> Your assignment
Transcribe exactly each line of the entries, from the opening line to the line with "by the joins.", with both of those lines included.

> Extracted records
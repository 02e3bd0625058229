//! The threads of a tick.

ghost use Rattle.std.specs.Prelude.{◌≡◌, ◌≢◌, ◌+◌, ◌<◌, ◌≤◌, ◌^◌, ℕ, All, Err, IfSome, OnOk, length, map, bytes_eq};
ghost use Rattle.entry_model.specs.Fits.{IsDistinct};
ghost use Rattle.turn_lock.specs.Words.{seen};
ghost use Rattle.shared_store.specs.Turns.{notes_of};
ghost use Rattle.shared_store.specs.Words.{most_seats, start_of};
ghost use Rattle.daemon_rounds.specs.Rounding.{AllCount, FailsAt};
ghost use Rattle.thread_jobs.specs.Publishing.{IsGoingFrom};
ghost use Rattle.thread_jobs.specs.declared.error.JobError.{JobError};
ghost use Rattle.thread_rounds.specs.Ends.{ended_by};
ghost use Rattle.thread_rounds.specs.Seats.{IsAlone};
ghost use Rattle.thread_rounds.specs.Stepping.{IsStepDone, SpendsStep};
ghost use Rattle.thread_rounds.specs.declared.error.StepRefusal.{StepRefusal};

use crate::error::StepRefusal;
use crate::seats::{join_jobs, split_jobs};
use osq_outside::{Gate, Source};
use osq_value::NoMemory;
use shared_store::{Store, StoreSeat};
use source_feeds::Feed;
use std::sync::Wait;
use std::thread::Threads;
use thread_jobs::{JobError, Terms, do_all};

/// How a step ends whose first refused job is this one.
fn ended(refused: Option<(usize, JobError)>) -> Result<(), StepRefusal>
    requires { IfSome refused (λ at. at.1 ≢ JobError.Intruded) }
    ensures { result ≡ ended_by refused }
{
    match refused {
        None => Ok(()),
        Some((place, JobError::SourceFault)) => Err(StepRefusal::SourceFault { place }),
        Some((_, JobError::NumbersSpent)) => Err(StepRefusal::NumbersSpent),
        Some((_, JobError::NoMemory)) => Err(StepRefusal::NoMemory),
        Some((_, JobError::Intruded)) => unreachable!(),
    }
}

/// The threads of a tick: a publisher for each source and so many workers, each with a seat of its own, which is split off before and joined behind.
/// No two sources have one name.
///
/// Each thread ends its part, whatever comes of the others. Of those that are refused the first source is told, and a worker only where no source
/// is refused. That another seat has added readings of a source is ruled out by the joins.
pub fn work_step<R: Threads + Wait + Sync, S: Source, G: Gate>(
    rt: &R,
    terms: &Terms,
    store: &Store,
    gate: &G,
    first: &mut StoreSeat,
    feeds: &mut [Feed],
    sources: &mut [S],
    workers: u32,
) -> Result<(), StepRefusal>
    requires seat { IsAlone store.now first.old }
    requires workers { 1 ≤ workers }
    requires room { 1 + (length feeds.old + workers) ≤ most_seats store.now }
    requires few { length feeds.old + workers < 2 ^ 32 }
    requires paired { length sources.old ≡ length feeds.old }
    requires going { All (IsGoingFrom (start_of store.now) (notes_of first.old)) feeds.old }
    requires names { IsDistinct bytes_eq (map (λ feed. feed.name) feeds.old) }
    ensures seat { IsAlone store.now first.new }
    ensures done { OnOk result (IsStepDone S.tells S.left S.faults terms.now.most (start_of store.now) (seen first.old) (seen first.new) feeds.old feeds.new sources.old sources.new) }
    ensures going { OnOk result (All (IsGoingFrom (start_of store.now) (notes_of first.new)) feeds.new) }
    ensures counts { AllCount S.tells S.left feeds.old feeds.new sources.old }
    ensures fault { (place : ℕ) → result ≡ Err (StepRefusal.SourceFault place) → FailsAt S.faults place sources.old sources.new }
    ensures spent { result ≡ Err StepRefusal.NumbersSpent → SpendsStep S.tells S.left terms.now.most (start_of store.now) (seen first.old) (seen first.new) feeds.old feeds.new sources.old sources.new }
{
    let publishers = feeds.len();
    let Ok(mut jobs) = Vec::with_capacity(terms.alloc, publishers + workers as usize) else {
        return Err(StepRefusal::NoMemory);
    };
    match split_jobs(store, first, &mut jobs, publishers as u32 + workers) {
        Ok(()) => {
            let (front, back) = jobs.as_mut_slice().split_at_mut(publishers);
            do_all(rt, terms, store, gate, front, feeds, sources, back);
            ended(join_jobs(store, first, jobs))
        }
        Err(NoMemory) => {
            let _refused = join_jobs(store, first, jobs);
            Err(StepRefusal::NoMemory)
        }
    }
}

> Output below
repository 02e3bd0625058229
//! The threads of a tick.

ghost use Rattle.std.specs.Prelude.{◌≡◌, ◌≢◌, ◌+◌, ◌<◌, ◌≤◌, ◌^◌, ℕ, All, Err, IfSome, OnOk, length, map, bytes_eq};
ghost use Rattle.entry_model.specs.Fits.{IsDistinct};
ghost use Rattle.turn_lock.specs.Words.{seen};
ghost use Rattle.shared_store.specs.Turns.{notes_of};
ghost use Rattle.shared_store.specs.Words.{most_seats, start_of};
ghost use Rattle.daemon_rounds.specs.Rounding.{AllCount, FailsAt};
ghost use Rattle.thread_jobs.specs.Publishing.{IsGoingFrom};
ghost use Rattle.thread_jobs.specs.declared.error.JobError.{JobError};
ghost use Rattle.thread_rounds.specs.Ends.{ended_by};
ghost use Rattle.thread_rounds.specs.Seats.{IsAlone};
ghost use Rattle.thread_rounds.specs.Stepping.{IsStepDone, SpendsStep};
ghost use Rattle.thread_rounds.specs.declared.error.StepRefusal.{StepRefusal};

use crate::error::StepRefusal;
use crate::seats::{join_jobs, split_jobs};
use osq_outside::{Gate, Source};
use osq_value::NoMemory;
use shared_store::{Store, StoreSeat};
use source_feeds::Feed;
use std::sync::Wait;
use std::thread::Threads;
use thread_jobs::{JobError, Terms, do_all};

/// How a step ends whose first refused job is this one.
fn ended(refused: Option<(usize, JobError)>) -> Result<(), StepRefusal>
    requires { IfSome refused (λ at. at.1 ≢ JobError.Intruded) }
    ensures { result ≡ ended_by refused }
{
    match refused {
        None => Ok(()),
        Some((place, JobError::SourceFault)) => Err(StepRefusal::SourceFault { place }),
        Some((_, JobError::NumbersSpent)) => Err(StepRefusal::NumbersSpent),
        Some((_, JobError::NoMemory)) => Err(StepRefusal::NoMemory),
        Some((_, JobError::Intruded)) => unreachable!(),
    }
}

/// The threads of a tick: a publisher for each source and so many workers, each with a seat of its own, which is split off before and joined behind.
/// No two sources have one name.
///
/// Each thread ends its part, whatever comes of the others. Of those that are refused the first source is told, and a worker only where no source
/// is refused. That another seat has added readings of a source is ruled out by the joins.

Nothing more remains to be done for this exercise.